After another 2-week trip abroad where social commitments were paramount, it’s back to square one: sitting and struggling with the body and mind. The body required a return to Bikram yoga after more a few weeks without stretching, so there was initial stiffness and aching the next day. The mind had to be convinced again that such pursuits were absolutely necessary and that no more laxity would be allowed. Both succumbed to persuasion.

And it is fortunate now that the legs can withstand the crosslegged position, with right leg almost flat on the floor!, for well over an hour while various exercises are being done on the mental scenario. The quieter the body, the calmer the mind can be. Concentration on one single thought is quite good; whereas wandering images, picturings from memory and the fantasies of imagination are quietly observed to spring up, but soon dissipate with sustained awareness on breathing. From the outside, it may seem like nothing much is happening in such a quiet pose, but in fact millions of things are going on at each instant.

One portion of awareness is on the movement of breath, the sensation of incoming air in the nostrils and the deep belly expansion as it gently fills up, stomach moving out to accommodate this invisible nutrient; ribcage reaching out while some hidden spongy tissue gently pushes outwards.

At the same time, part of this awareness is on more weighty physical matters, like the left heel tucked in against the peritoneum, the start of a little numbness in the thigh; the right leg almost drooping down to touch the floor nowadays, with a slight discomfort at the hip socket, which has widened over the last few months to accept this difficult posture for me; the sensation of the spine and neck, with a heavy head perched delicately on top; the hands facing upwards, probably with fingers slightly curled instead of flat, but closed eyes and concentration do not permit one to look down and see... Another dose of awareness hears the inner sound ringing in the head, which never goes away, although one might be more or less conscious of it and listen more or less attentively. Simultaneously the throbbing of the heart can sometimes be noted, and the remote sensation of blood rushing through its chambers and echoing in the inner ears.

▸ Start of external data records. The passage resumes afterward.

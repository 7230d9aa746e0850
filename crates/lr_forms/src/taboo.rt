// Other files, and which of them are read.
ghost use Rattle.std.specs.Prelude.{◌≡◌, ◌++◌, ◌∷◌, [], IfOk, OnOk};
ghost use Rattle.lr_forms.specs.Says.{texts};
ghost use Rattle.lr_forms.specs.Values.{included, include_says, taboo_says};
ghost use Rattle.lr_words.specs.Names.{include_value};

use crate::said::LineSaid;
use lr_lex::Word;
use lr_rules::{Memory, Text};
use lr_words::{include_path, taboo_items};
use std::alloc::Global;

fn push_copy(alloc: Global, into: &mut Vec<Text>, text: &Text) -> Result<(), Memory>
    ensures { OnOk result (into.new.items ≡ into.old.items ++ text.now ∷ []) }
{
    into.push(text.copy(alloc)?)?;
    Ok(())
}

/// The texts of the words.
pub(crate) fn texts_of(alloc: Global, words: &[Word]) -> Result<Vec<Text>, Memory>
    ensures { IfOk result (λ all. all.items ≡ texts words.now) }
{
    let mut all = Vec::new(alloc);
    for word in words {
        push_copy(alloc, &mut all, &word.text)?;
    }
    Ok(all)
}

/// What `tabooext` or `taboopat` says.
pub(crate) fn taboo_says(alloc: Global, patterns: bool, values: &[Word]) -> Result<LineSaid, Memory>
    ensures { IfOk result (λ s. s ≡ taboo_says patterns (texts values.now)) }
{
    let texts = texts_of(alloc, values)?;
    match taboo_items(alloc, texts.as_slice())? {
        Ok(items) => Ok(LineSaid::Taboo { patterns, items }),
        Err(kind) => Ok(LineSaid::Bad(kind)),
    }
}

fn included(alloc: Global, word: &[u8]) -> Result<LineSaid, Memory>
    ensures { IfOk result (λ s. s ≡ included (include_value word.now)) }
{
    match include_path(alloc, word)? {
        Ok(path) => Ok(LineSaid::Include(path)),
        Err(kind) => Ok(LineSaid::Bad(kind)),
    }
}

/// What `include` says.
pub(crate) fn include_says(alloc: Global, values: &[Word]) -> Result<LineSaid, Memory>
    ensures { IfOk result (λ s. s ≡ include_says (texts values.now)) }
{
    match values {
        [] => Ok(LineSaid::Quiet),
        [word, ..] => included(alloc, word.text.bytes()),
    }
}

And, surprisingly, there is still another share of awareness to be dished out in response to the mental body, the so-called mind. Together with breath – if we are immersed in an exercise using words – there are two phrases repeated over and over again along with the breathing practise. So the sense and meaning of these phrases are present on the mental screen. This becomes repetitious at times and allows the mind, underneath the higher sensation of just being aware and looking, to conjure up picturing of, say, a job to be done, an experience recently had, a string of words heard not too long ago, or a situation automatically imagined as being possible in the near future. As one sits quietly and observes and puts effort into a certain thought, others come unsolicited and un-searched-for. This is the mystery of modern minds. There is no “me” or “I” behind these odd extemporaneous thoughts that pop into the mind: they well up without being asked for from a pit whose bottom we cannot see. We do not know where they come from. We can only see that they do come.

Renewed attention again on either the mental or physical state quietens these occasional meanderings and brings a new sensation of standing above all this activity – both wanted and unwanted. The attention becomes riveted on either a darker speck in the blackness of the eye’s focus on a place, sometimes nearer, sometimes infinitely distant, just above and between the eyebrows; or a field of purple surrounded by yellow that pulsates and comes and goes. It is now, having climbed somewhat above the chattering headbox, that one’s sensation of “I” rests in a gentle and calm cloud of peace and quiet (which may or may not ignite waves of pleasure welling up from the body), which, however, is never enough and must be pursued even further…

And so it is to do nothing and yet be intensely active.